People can then get more specific, inputting their cars' average mileage and how many miles they drive each year, how much public transportation they use, how much they spend on food per month, and their average monthly heating, electricity, and gas bills. None of this personal information is collected by UC Berkeley or the state.

Refinements planned

BIE and the state will continue to refine the calculator, with plans to launch phase two of CoolClimate in September, Jones notes. That version will include enough data for Californians to compare themselves to neighbors in the same zip code and link to additional resources and options to mitigate their carbon footprint. It also will allow businesses and organizations as well as households to customize the calculator for their continued use as they make lifestyle changes to lower their carbon footprint. Cities, for example, could use the calculator to make procurement decisions.

Daniel Kammen, a professor of energy and resources and of public policy who is co-director of BIE, notes that "carbon calculators, even at this early stage, already highlight an important feature: that our carbon budget is not all energy purchases but is also the embedded carbon in the goods and services we purchase. A next step for this effort is to provide and support regional or state versions of the calculator and to get increasing amounts of detail on individual products."

"The more we use these tools to educate the public, the easier it will be for us to manage the state's greenhouse budget," adds Kammen. "By the Air Resources Board taking the lead on this public mission, the board is making people's personal carbon footprints part of the public dialogue around California's low-carbon future."
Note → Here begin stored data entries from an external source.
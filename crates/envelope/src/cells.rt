//! The cell of each place that lies in the spans of a fold.
ghost use Rattle.std.specs.Prelude.{◌≡◌, ◌<◌, ◌≤◌, true, length, slice_index};
ghost use Rattle.envelope.specs.Cells.{IsRising, bases_of, is_within};
ghost use Rattle.envelope.specs.Cells.{cell_of as cell_is};

/// How many cells the places of the spans have.
pub(crate) fn count_cells(spans: &[(u64, u64)]) -> usize
    requires { IsRising spans.now }
    ensures count { result ≡ slice_index (bases_of spans.now) (length spans.now) }
    ensures few { result ≤ 400_000 }
{
    let mut count = 0;
    for span in spans {
        count += span.1 as usize;
    }
    count
}

/// The cell of a place that lies in the spans. Most folds have one span.
#[tactic(auto, unfolding(crate::specs::Cells::cell_of))]
pub(crate) fn find_cell(spans: &[(u64, u64)], place: u64) -> usize
    requires rising { IsRising spans.now }
    requires within { is_within spans.now place ≡ true }
    ensures cell { result ≡ cell_is spans.now (bases_of spans.now) place }
    ensures inside { result < slice_index (bases_of spans.now) (length spans.now) }
{
    let mut index = 0;
    let mut before = 0;
    while spans[index].0 + spans[index].1 <= place {
        before += spans[index].1 as usize;
        index += 1;
    }
    before + (place - spans[index].0) as usize
}
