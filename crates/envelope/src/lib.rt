//! Folds: greatest and least heads and greatest volumes of places, samples of probes, and the first
//! Bad point.
#![tactic(auto)]

mod cells;
mod extremes;
mod faults;
mod folds;
mod lines;
mod peaks;
mod probes;
mod rows;
mod samples;

pub use extremes::Extreme;
pub use folds::Fold;
pub use rows::{extremes_are_exact, folds_tell_rows, numbers_tell_places, stands_for_equal_maps};
pub use samples::Sample;
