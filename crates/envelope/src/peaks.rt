//! The greater and the lesser of two values with their steps.
ghost use Rattle.std.specs.Prelude.{◌≡◌, ℕ, ◌≤◌, ℤ, ◌≤ℤ◌, true, Option};
ghost use Rattle.case_model.specs.Samples.{IsGreatest, IsSmallest};
ghost use Rattle.envelope.specs.Extremes.{AgreeAlong, either};

/// A value and the first step at which it stands.
#[derive(Clone, Copy)]
pub(crate) struct Peak {
    /// Head in 1e-6 m, or volume in 1e-9 m3.
    pub(crate) value: i64,
    /// The first step at which it stands.
    pub(crate) step: u64,
}

/// The greater value, or of two equal ones the earlier.
pub(crate) fn greater(a: Peak, b: Peak) -> Peak
    ensures taken { (f g : ℕ → Option ℤ) (last : ℕ) → AgreeAlong f g →
        IsGreatest f last a.value a.step → IsGreatest g last b.value b.step →
        IsGreatest (either f g) last result.value result.step }
    ensures early { (step : ℕ) → a.step ≤ step → b.step ≤ step → result.step ≤ step }
    ensures over { a.value ≤ℤ result.value }
{
    if b.value < a.value {
        return a;
    }
    if a.value < b.value {
        return b;
    }
    if b.step < a.step { b } else { a }
}

/// The lesser value, or of two equal ones the earlier.
pub(crate) fn lesser(a: Peak, b: Peak) -> Peak
    ensures taken { (f g : ℕ → Option ℤ) (last : ℕ) → AgreeAlong f g →
        IsSmallest f last a.value a.step → IsSmallest g last b.value b.step →
        IsSmallest (either f g) last result.value result.step }
    ensures early { (step : ℕ) → a.step ≤ step → b.step ≤ step → result.step ≤ step }
    ensures under { result.value ≤ℤ a.value }
{
    if a.value < b.value {
        return a;
    }
    if b.value < a.value {
        return b;
    }
    if a.step <= b.step { a } else { b }
}

/// Whether the first is the greater value, or of two equal ones the earlier.
pub(crate) fn is_over(a: Peak, b: Peak) -> bool
    ensures over { result ≡ true → b.value ≤ℤ a.value }
    ensures taken { result ≡ true → (f g : ℕ → Option ℤ) (last : ℕ) → AgreeAlong f g →
        IsGreatest f last a.value a.step → IsGreatest g last b.value b.step →
        IsGreatest (either f g) last a.value a.step }
{
    if a.value == b.value {
        return a.step <= b.step;
    }
    b.value < a.value
}

/// Whether the first is the lesser value, or of two equal ones the earlier.
pub(crate) fn is_under(a: Peak, b: Peak) -> bool
    ensures under { result ≡ true → a.value ≤ℤ b.value }
    ensures taken { result ≡ true → (f g : ℕ → Option ℤ) (last : ℕ) → AgreeAlong f g →
        IsSmallest f last a.value a.step → IsSmallest g last b.value b.step →
        IsSmallest (either f g) last a.value a.step }
{
    if a.value == b.value {
        return a.step <= b.step;
    }
    a.value < b.value
}
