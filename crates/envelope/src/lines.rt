//! The samples of probes, a line of them for each.
ghost use Rattle.std.specs.Prelude.{◌≡◌, ◌≢◌, ℕ, ◌+◌, ◌*◌, ◌/◌, ◌<◌, ◌≤◌, List as Items, []};
ghost use Rattle.std.specs.Prelude.{length, replicate, slice_index, slice_index_or, slice_set};
ghost use Rattle.std.specs.Prelude.{Option, Some, None, IfOk};
ghost use Rattle.case_model.specs.Samples.{Sample as Taken};
ghost use Rattle.envelope.specs.Cells.{IsRising, bases_of};
ghost use Rattle.std.specs.Option.{option_or};
ghost use Rattle.envelope.specs.Extremes.{AgreeAlong, either};
ghost use Rattle.envelope.specs.Lines.{told, HasSamples, IsMarked, AreWithin, AreLines, AreBlank};

use crate::Sample;
use crate::cells::find_cell;
use case_model::List;
use std::alloc::{AllocError, Global};

/// For each of `count` cells which line of samples belongs to it: that of a probe at its place.
pub(crate) fn mark(
    alloc: Global,
    spans: &[(u64, u64)],
    count: usize,
    probes: &[u64],
) -> Result<Vec<Option<u32>>, AllocError>
    requires rising { IsRising spans.now }
    requires count { count ≡ slice_index (bases_of spans.now) (length spans.now) }
    requires within { AreWithin spans.now probes.now }
    requires few { length probes.now ≤ 4_000_000 }
    ensures { IfOk result (λ marks.
        IsMarked spans.now (bases_of spans.now) probes.now (length probes.now) marks.items) }
{
    let mut marks = vec![in alloc; None; count]?;
    for (probe, place) in probes.iter().enumerate() {
        let cell = find_cell(spans, *place);
        marks[cell] = Some(probe as u32);
    }
    Ok(marks)
}

/// A line without samples for each of `count` probes, one for each of the steps 0, every, 2*every
/// .. up to the last.
pub(crate) fn blank_lines(
    alloc: Global,
    count: usize,
    steps: u64,
    every: u64,
) -> Result<Vec<List<Option<Sample>>>, AllocError>
    requires some { 1 ≤ every }
    requires few { count * (steps / every + 1) ≤ 4_000_000 }
    ensures { IfOk result (λ samples. AreBlank count (steps / every + 1) samples.items) }
{
    let mut samples = Vec::new(alloc);
    for _ in 0..count {
        let line = blank_line(alloc, (steps / every) as usize + 1)?;
        samples.push(line)?;
    }
    Ok(samples)
}

fn blank_line(alloc: Global, width: usize) -> Result<List<Option<Sample>>, AllocError>
    ensures { IfOk result (λ line. line ≡ replicate width None) }
{
    let line = vec![in alloc; None; width]?;
    Ok(List::over(line))
}

/// Keeps a sample in its line where the step is one that is sampled.
pub(crate) fn keep_sample(
    samples: &mut Vec<List<Option<Sample>>>,
    line: u32,
    step: u64,
    every: u64,
    sample: &Sample,
)
    requires some { 1 ≤ every }
    requires line { line < length samples.old.items }
    requires inside { step / every < length (slice_index_or samples.old.items line []) }
    ensures here { (f g : ℕ → Option Taken) (last : ℕ) → AgreeAlong f g →
        g step ≡ told (Some sample.now) → ((s : ℕ) → s ≢ step → g s ≡ None) →
        HasSamples f last every (slice_index_or samples.old.items line []) →
        HasSamples (either f g) last every (slice_index_or samples.new.items line []) }
    ensures others { (l : ℕ) → l ≢ line →
        slice_index_or samples.new.items l [] ≡ slice_index_or samples.old.items l [] }
    ensures count { length samples.new.items ≡ length samples.old.items }
    ensures widths { (l : ℕ) →
        length (slice_index_or samples.new.items l [])
        ≡ length (slice_index_or samples.old.items l []) }
{
    if step % every == 0 {
        put(&mut samples[line as usize], (step / every) as usize, sample);
    }
}

fn put(line: &mut List<Option<Sample>>, index: usize, sample: &Sample)
    requires { index < length line.old }
    ensures { line.new ≡ slice_set line.old index (Some sample.now) }
{
    let line = line.as_mut_slice();
    line[index] = Some(*sample);
}

/// The sample at one place of a line.
pub(crate) fn sample_in(line: &[Option<Sample>], index: usize) -> Option<Sample>
    requires { index < length line.now }
    ensures { result ≡ slice_index_or line.now index None }
{
    line[index]
}

/// Takes over the samples of another line that this line lacks.
pub(crate) fn join_line(
    samples: &mut Vec<List<Option<Sample>>>,
    line: u32,
    other: &[Option<Sample>],
)
    requires line { line < length samples.old.items }
    requires same { length other.now ≡ length (slice_index_or samples.old.items line []) }
    ensures here { (f g : ℕ → Option Taken) (last every : ℕ) →
        HasSamples f last every (slice_index_or samples.old.items line []) →
        HasSamples g last every other.now →
        HasSamples (either f g) last every (slice_index_or samples.new.items line []) }
    ensures others { (l : ℕ) → l ≢ line →
        slice_index_or samples.new.items l [] ≡ slice_index_or samples.old.items l [] }
    ensures count { length samples.new.items ≡ length samples.old.items }
    ensures widths { (l : ℕ) →
        length (slice_index_or samples.new.items l [])
        ≡ length (slice_index_or samples.old.items l []) }
{
    fill_gaps(samples[line as usize].as_mut_slice(), other);
}

fn fill_gaps(line: &mut [Option<Sample>], other: &[Option<Sample>])
    requires { length other.now ≡ length line.old }
    ensures { (j : ℕ) → j < length line.old →
        told (slice_index_or line.new j None)
        ≡ option_or (told (slice_index_or line.old j None))
        (told (slice_index_or other.now j None)) }
{
    for (index, sample) in other.iter().enumerate() {
        if line[index].is_none() {
            line[index] = *sample;
        }
    }
}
Working with BIE and RAEL to design the calculator were Lawrence Berkeley National Laboratory, the California Air Resources Board, the California Energy Commission, and Next 10, an independent, nonpartisan organization that educates Californians to improve the state's future. The calculator was supported in part by the Gordon and Betty Moore Foundation, the World Wildlife Fund, and the Center for Information Technology Research in the Interest of Society (CITRIS), which is a research partnership between the University of California, the state, and industry to apply information-technology solutions to California's biggest challenges.